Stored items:
******

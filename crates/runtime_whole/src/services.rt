//! What services leave so. Each law is the contract of a function that does nothing.
#![tactic(auto)]

ghost use Rattle.runtime_whole.specs.Services.{PagesKeep, PoolKeeps, MemoryWritesKeep, RuntimeServicesKeep, RuntimeServicesStayWhole, EventServicesKeep, ConsoleKeeps, ImageServicesKeep, ProtocolServicesKeep};

use crate::laws::{discards_keep, handles_keep, loads_keep};
use map_transition::whole_stays;
use page_alloc::calls_leave_others;
use pool_alloc::pool_leaves_others;

/// `BootWhole` stays behind AllocatePages and FreePages, however they end.
pub fn pages_keep()
    ensures { PagesKeep }
{
    calls_leave_others();
}

/// `BootWhole` stays behind AllocatePool and FreePool, however they end.
pub fn pool_keeps()
    ensures { PoolKeeps }
{
    calls_leave_others();
    pool_leaves_others();
}

/// `BootWhole` stays behind the services of memory that write alone.
pub fn memory_writes_keep()
    ensures { MemoryWritesKeep }
{}

/// `BootWhole` stays behind each runtime service, and so does `Whole` once boot services are over.
pub fn runtime_services_keep()
    ensures before { RuntimeServicesKeep }
    ensures behind { RuntimeServicesStayWhole }
{
    whole_stays();
}

/// `BootWhole` stays behind the services on events that write or change protocols, however they end.
pub fn event_services_keep()
    ensures { EventServicesKeep }
{}

/// `BootWhole` stays behind QueryMode of the console.
pub fn console_keeps()
    ensures { ConsoleKeeps }
{}

/// `BootWhole` stays behind LoadImage, UnloadImage and the outputs of StartImage, however they end.
pub fn image_services_keep()
    ensures { ImageServicesKeep }
{
    loads_keep();
    discards_keep();
}

/// `BootWhole` stays behind each service on handles and protocols, however it ends.
pub fn protocol_services_keep()
    ensures { ProtocolServicesKeep }
{
    calls_leave_others();
    handles_keep();
}
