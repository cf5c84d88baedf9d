// Why files and sinks refuse.
ghost use Rattle.std.specs.Prelude.{◌≡◌};
ghost use Rattle.tp_io.specs.declared.refusal.FileRefusal.TheVariants as file;
ghost use Rattle.tp_io.specs.declared.refusal.WriteRefusal.TheVariants as sink;

use std::alloc::{AllocError, AllocFailed};
use tp_value::NoMemory;

/// Why a read gave no bytes.
#[derive(Clone, Copy, Debug, PartialEq, Eq)]
pub enum FileRefusal {
    Failed,
    NoMemory,
}

impl From<NoMemory> for FileRefusal {
    ghost from_gives = { λ _ e. e ≡ file.NoMemory };

    fn from(_: NoMemory) -> Self {
        FileRefusal::NoMemory
    }
}

impl From<AllocError> for FileRefusal {
    ghost from_gives = { λ _ e. e ≡ file.NoMemory };

    fn from(_: AllocError) -> Self {
        FileRefusal::NoMemory
    }
}

impl<T: Drop> From<AllocFailed<T>> for FileRefusal {
    ghost from_gives = { λ _ e. e ≡ file.NoMemory };

    fn from(_: AllocFailed<T>) -> Self {
        FileRefusal::NoMemory
    }
}

/// Why a piece was not written.
#[derive(Clone, Copy, Debug, PartialEq, Eq)]
pub enum WriteRefusal {
    Failed,
    NoMemory,
}

impl From<NoMemory> for WriteRefusal {
    ghost from_gives = { λ _ e. e ≡ sink.NoMemory };

    fn from(_: NoMemory) -> Self {
        WriteRefusal::NoMemory
    }
}

impl<T: Drop> From<AllocFailed<T>> for WriteRefusal {
    ghost from_gives = { λ _ e. e ≡ sink.NoMemory };

    fn from(_: AllocFailed<T>) -> Self {
        WriteRefusal::NoMemory
    }
}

******

Aim of the task: Print the lines above from the one with "pub fn runtime_services_keep()" through the one with "pub fn event_services_keep()", both included, exactly as written and nothing more.

Answer below:
pub fn runtime_services_keep()
    ensures before { RuntimeServicesKeep }
    ensures behind { RuntimeServicesStayWhole }
{
    whole_stays();
}

/// `BootWhole` stays behind the services on events that write or change protocols, however they end.
pub fn event_services_keep()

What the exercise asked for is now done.